A bi-subpopulation coevolutionary immune algorithm for multi-objective combinatorial optimization in multi-UAV task allocation

作     者：Chen, Xi Wan, Yu Qi, Jingtao Zhao, Zipeng Ruan, Yirun Tang, Jun 

作者机构：Natl Univ Def Technol Lab big data & decis Changsha 410073 Peoples R China 

出 版 物：《COMPLEX & INTELLIGENT SYSTEMS》 (Complex Intell. Syst.)

年 卷 期：2025年第11卷第2期

页      面：1-19页

核心收录：

基　　金：National Natural Science Foundation of China 

主　　题：Coevolutionary algorithm Multi-objective combinatorial optimization Multi-objective immune algorithm Multi-UAV Task allocation problem 

摘      要：With the development of Unmanned Aerial Vehicle (UAV) technology towards multi-UAV and UAV swarm, multi-UAV cooperative task allocation has more and more influence on the success or failure of UAV missions. From the operational research point of view, such problems belong to high-dimensional combinatorial optimization problems, which makes the solving process face many challenges. One is that the discrete and high-dimensional decision variables make the quality of the solution obtained with acceptable time not guaranteed. Second, the desired solution of real missions often needs to satisfy multiple objective functions, or a set of solutions for decision-making. Therefore, this paper constructs a Multi-objective Combinatorial Optimization in Multi-UAV Task Allocation Problem (MCOTAP) model, and proposes a Bi-subpopulation Coevolutionary Immune Algorithm (BCIA).
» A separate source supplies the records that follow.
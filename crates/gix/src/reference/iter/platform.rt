//! Which references are listed.

use super::reading::{is_relative_path, read_pseudo, read_references};
use super::{IterError, ReferenceList};
use crate::Repository;
use gx_store::Store;
use std::alloc::Global;

/// The references of a repository, of which some are listed.
///
/// ```
/// for branch in repo.references().local_branches(alloc)?.as_slice() {}
/// ```
#[derive(Drop)]
pub struct Platform<'repo, S> {
    repo: &'repo Repository<S>,
}

impl<'repo, S: Store> Platform<'repo, S> {
    ghost use Rattle.std.specs.Prelude.{codes};
    ghost use Rattle.gix.specs.Asking.{asks};
    ghost use Rattle.gix.specs.Meaning.{Means};
    ghost use Rattle.gix.specs.References.{pseudo_query, references_query, repository_of};
    ghost use Rattle.gix.specs.Repository.{held_by};

    /// The references whose names begin with the prefix, such as `refs/heads/feature-`, in rising order of bytes. Each
    /// is read.
    ///
    /// # Errors
    /// `RelativePath` if the prefix begins with a slash, or if one of its components is `.` or `..`; `Store` if the
    /// names or one of the references can't be read; `NoMemory`.
    pub fn prefixed(&self, alloc: Global, prefix: &[u8]) -> Result<ReferenceList, IterError>
        ensures { Means (asks (references_query prefix.now)) (held_by S.state (repository_of self.now)) result
            (held_by S.state (repository_of self.now)) }
    {
        if !is_relative_path(prefix) {
            return Err(IterError::RelativePath);
        }
        Ok(read_references(alloc, self.repo, prefix)?)
    }

    /// Those whose names begin with `refs/`, which are all but such as `HEAD`.
    pub fn all(&self, alloc: Global) -> Result<ReferenceList, IterError>
        ensures { Means (asks (references_query (codes "refs/"))) (held_by S.state (repository_of self.now)) result
            (held_by S.state (repository_of self.now)) }
    {
        self.prefixed(alloc, b"refs/")
    }

    /// Those of tags.
    pub fn tags(&self, alloc: Global) -> Result<ReferenceList, IterError>
        ensures { Means (asks (references_query (codes "refs/tags/"))) (held_by S.state (repository_of self.now))
            result (held_by S.state (repository_of self.now)) }
    {
        self.prefixed(alloc, b"refs/tags/")
    }

    /// Those of branches.
    pub fn local_branches(&self, alloc: Global) -> Result<ReferenceList, IterError>
        ensures { Means (asks (references_query (codes "refs/heads/"))) (held_by S.state (repository_of self.now))
            result (held_by S.state (repository_of self.now)) }
    {
        self.prefixed(alloc, b"refs/heads/")
    }

    /// Those of branches of other repositories.
    pub fn remote_branches(&self, alloc: Global) -> Result<ReferenceList, IterError>
        ensures { Means (asks (references_query (codes "refs/remotes/"))) (held_by S.state (repository_of self.now))
            result (held_by S.state (repository_of self.now)) }
    {
        self.prefixed(alloc, b"refs/remotes/")
    }

    /// Those whose names have no slash, as `HEAD`.
    ///
    /// # Errors
    /// `Store` if the names or one of these references can't be read; `NoMemory`.
    pub fn pseudo(&self, alloc: Global) -> Result<ReferenceList, IterError>
        ensures { Means (asks pseudo_query) (held_by S.state (repository_of self.now)) result
            (held_by S.state (repository_of self.now)) }
    {
        Ok(read_pseudo(alloc, self.repo)?)
    }
}

impl<S: Store> Repository<S> {
    ghost use Rattle.std.specs.Prelude.{◌≡◌};
    ghost use Rattle.gix.specs.References.{repository_of};

    /// The references, to be listed.
    pub fn references(&self) -> Platform<'_, S>
        ensures { repository_of result ≡ self.now }
    {
        Platform { repo: self }
    }
}
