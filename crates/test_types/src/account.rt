//! `Account`, as `types.txt` lists it. Written by tools/new-type.
ghost use Rattle.std.specs.Prelude.{◌≡◌};
ghost use Rattle.web_codec.specs.Answers.{Answers};
ghost use Rattle.test_types.specs.Account.{bounded_account_change};

use crate::price::Price;
use serde_json::{Value, json};
use std::alloc::Global;
use web_codec::{ReadData, ReadFault, WriteData, member_or, object};
use web_texts::{Fail, Items, NoMemory};

/// What an account did.
#[derive(Debug, Drop)]
pub struct Account {
    /// The member `older`.
    pub older: Items<Price>,
    /// The member `change`.
    pub change: i64,
    /// The member `count`.
    pub count: u64,
}

/// Refuses a `change` that is out of its bounds.
fn bounded_change(alloc: Global, change: i64) -> Result<i64, Fail<ReadFault>>
    ensures { Answers (λ x. x ≡ bounded_account_change change) result }
{
    if change < -5 || change > 5 {
        return Err(ReadFault::refusal(alloc, "change: not in -5..=5"));
    }
    Ok(change)
}

impl ReadData for Account {
    ghost use Rattle.test_types.specs.Account.{account_of};

    ghost read = { account_of };

    fn read_data(alloc: Global, value: &Value) -> Result<Account, Fail<ReadFault>> {
        object(alloc, value)?;
        Ok(Account {
            older: member_or(alloc, value, "older", Items::of(Vec::new(alloc)))?,
            change: bounded_change(alloc, member_or(alloc, value, "change", -1)?)?,
            count: member_or(alloc, value, "count", 1)?,
        })
    }
}

impl WriteData for Account {
    ghost use Rattle.test_types.specs.Account.{data_of_account, account_no_float};

    ghost written = { data_of_account };

    ghost no_float = { account_no_float };

    fn write_data(&self, alloc: Global) -> Result<Value, NoMemory> {
        Ok(json!(in alloc; {
            "older": self.older.write_data(alloc)?,
            "change": self.change.write_data(alloc)?,
            "count": self.count.write_data(alloc)?,
        })?)
    }
}
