//! `Order`, as `types.txt` lists it. Written by tools/new-type.
ghost use Rattle.std.specs.Prelude.{◌≡◌};
ghost use Rattle.web_codec.specs.Answers.{Answers};
ghost use Rattle.test_types.specs.Order.{bounded_order_name, bounded_order_tags};

use crate::payment::Payment;
use crate::price::Price;
use serde_json::{Value, json};
use std::alloc::Global;
use web_codec::{ReadData, ReadFault, WriteData, deny_unknown, member_or, object, required};
use web_texts::{Fail, Items, NoMemory, Text};

/// An order, which has no member that it does not name.
#[derive(Debug, Drop)]
pub struct Order {
    /// The member `name`.
    pub name: Text,
    /// The member `price`.
    pub price: Price,
    /// The member `note`.
    pub note: Option<Text>,
    /// The member `tags`.
    pub tags: Items<Text>,
    /// How it is paid.
    pub kind: Payment,
}

/// Refuses a `name` that is out of its bounds.
fn bounded_name(alloc: Global, name: Text) -> Result<Text, Fail<ReadFault>>
    ensures { Answers (λ x. x ≡ bounded_order_name name) result }
{
    if name.as_str().len() > 40 {
        return Err(ReadFault::refusal(alloc, "name: more than 40 bytes"));
    }
    Ok(name)
}

/// Refuses a `tags` that is out of its bounds.
fn bounded_tags(alloc: Global, tags: Items<Text>) -> Result<Items<Text>, Fail<ReadFault>>
    ensures { Answers (λ x. x ≡ bounded_order_tags tags) result }
{
    if tags.as_slice().len() > 8 {
        return Err(ReadFault::refusal(alloc, "tags: more than 8 items"));
    }
    Ok(tags)
}

impl ReadData for Order {
    ghost use Rattle.test_types.specs.Order.{order_of};

    ghost read = { order_of };

    fn read_data(alloc: Global, value: &Value) -> Result<Order, Fail<ReadFault>> {
        object(alloc, value)?;
        deny_unknown(alloc, value, &["name", "price", "note", "tags", "type"])?;
        Ok(Order {
            name: bounded_name(alloc, required(alloc, value, "name")?)?,
            price: required(alloc, value, "price")?,
            note: member_or(alloc, value, "note", None)?,
            tags: bounded_tags(
                alloc,
                member_or(alloc, value, "tags", Items::of(Vec::new(alloc)))?,
            )?,
            kind: required(alloc, value, "type")?,
        })
    }
}

impl WriteData for Order {
    ghost use Rattle.test_types.specs.Order.{data_of_order, order_no_float};

    ghost written = { data_of_order };

    ghost no_float = { order_no_float };

    fn write_data(&self, alloc: Global) -> Result<Value, NoMemory> {
        Ok(json!(in alloc; {
            "name": self.name.write_data(alloc)?,
            "price": self.price.write_data(alloc)?,
            "note": self.note.write_data(alloc)?,
            "tags": self.tags.write_data(alloc)?,
            "type": self.kind.write_data(alloc)?,
        })?)
    }
}
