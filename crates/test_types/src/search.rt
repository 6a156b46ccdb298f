//! `Search`, as `types.txt` lists it. Written by tools/new-type.
ghost use Rattle.std.specs.Prelude.{◌≡◌};
ghost use Rattle.web_codec.specs.Answers.{Answers};
ghost use Rattle.test_types.specs.Search.{bounded_search_page};

use crate::payment::Payment;
use serde_json::{Value, json};
use std::alloc::Global;
use web_codec::{
    ReadData, ReadFault, ReadPairs, WriteData, WriteFault, WriteField, WritePairs, all_fields,
    field_or, member_or, object, required, required_field,
};
use web_texts::{Fail, Items, NoMemory, Pair, Text};

/// What a search asks for.
#[derive(Debug, Drop)]
pub struct Search {
    /// The member `text`.
    pub text: Text,
    /// The member `tag`.
    pub tag: Items<Text>,
    /// The member `page`.
    pub page: u16,
    /// The member `exact`.
    pub exact: bool,
    /// The member `after`.
    pub after: Option<Text>,
    /// The member `paid`.
    pub paid: Option<Payment>,
}

/// Refuses a `page` that is out of its bounds.
fn bounded_page(alloc: Global, page: u16) -> Result<u16, Fail<ReadFault>>
    ensures { Answers (λ x. x ≡ bounded_search_page page) result }
{
    if page < 1 || page > 1000 {
        return Err(ReadFault::refusal(alloc, "page: not in 1..=1000"));
    }
    Ok(page)
}

impl ReadData for Search {
    ghost use Rattle.test_types.specs.Search.{search_of};

    ghost read = { search_of };

    fn read_data(alloc: Global, value: &Value) -> Result<Search, Fail<ReadFault>> {
        object(alloc, value)?;
        Ok(Search {
            text: required(alloc, value, "text")?,
            tag: member_or(alloc, value, "tag", Items::of(Vec::new(alloc)))?,
            page: bounded_page(alloc, member_or(alloc, value, "page", 1)?)?,
            exact: member_or(alloc, value, "exact", false)?,
            after: member_or(alloc, value, "after", None)?,
            paid: member_or(alloc, value, "paid", None)?,
        })
    }
}

impl WriteData for Search {
    ghost use Rattle.test_types.specs.Search.{data_of_search, search_no_float};

    ghost written = { data_of_search };

    ghost no_float = { search_no_float };

    fn write_data(&self, alloc: Global) -> Result<Value, NoMemory> {
        Ok(json!(in alloc; {
            "text": self.text.write_data(alloc)?,
            "tag": self.tag.write_data(alloc)?,
            "page": self.page.write_data(alloc)?,
            "exact": self.exact.write_data(alloc)?,
            "after": self.after.write_data(alloc)?,
            "paid": self.paid.write_data(alloc)?,
        })?)
    }
}

impl ReadPairs for Search {
    ghost use Rattle.std.specs.Prelude.{◌≡◌};
    ghost use Rattle.test_types.specs.Search.{search_of_pairs};

    ghost reads_pairs = { λ pairs x. x ≡ search_of_pairs pairs };

    fn read_pairs(alloc: Global, pairs: &[Pair]) -> Result<Search, Fail<ReadFault>> {
        Ok(Search {
            text: required_field(alloc, pairs, "text")?,
            tag: all_fields(alloc, pairs, "tag")?,
            page: bounded_page(alloc, field_or(alloc, pairs, "page", 1)?)?,
            exact: field_or(alloc, pairs, "exact", false)?,
            after: field_or(alloc, pairs, "after", None)?,
            paid: field_or(alloc, pairs, "paid", None)?,
        })
    }
}

impl WritePairs for Search {
    ghost use Rattle.std.specs.Prelude.{◌≡◌, Ok};
    ghost use Rattle.test_types.specs.Search.{pairs_of_search};

    ghost writes_pairs = { λ x y. y ≡ Ok (pairs_of_search x) };

    fn write_pairs(&self, alloc: Global) -> Result<Vec<Pair>, Fail<WriteFault>> {
        let mut pairs = Vec::new(alloc);
        self.text.write_field(alloc, "text", &mut pairs)?;
        self.tag.write_field(alloc, "tag", &mut pairs)?;
        self.page.write_field(alloc, "page", &mut pairs)?;
        self.exact.write_field(alloc, "exact", &mut pairs)?;
        self.after.write_field(alloc, "after", &mut pairs)?;
        self.paid.write_field(alloc, "paid", &mut pairs)?;
        Ok(pairs)
    }
}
The two coevolutionary mechanisms improve the lower limit of population diversity, and the evolutionary strategy pool integrating multiple strategies and the adaptive strategy selection mechanism enhance the local search ability in the late evolution. In the experiments, BCIA competes fairly with the mainstream multi-objective evolutionary algorithms (MOEAs), multi-objective immune algorithms (MOIAs) and the recently proposed multi-UAV mission planning algorithms. The experimental results on different test problems (including several multi-objective combinatorial optimization benchmark problems and the proposed MCOTAP model) show that BCIA has superior performance in solving multi-objective combinatorial optimization problems (MCOPs). At the same time, the effectiveness of each design component of BCIA has been comprehensively verified in the ablation study.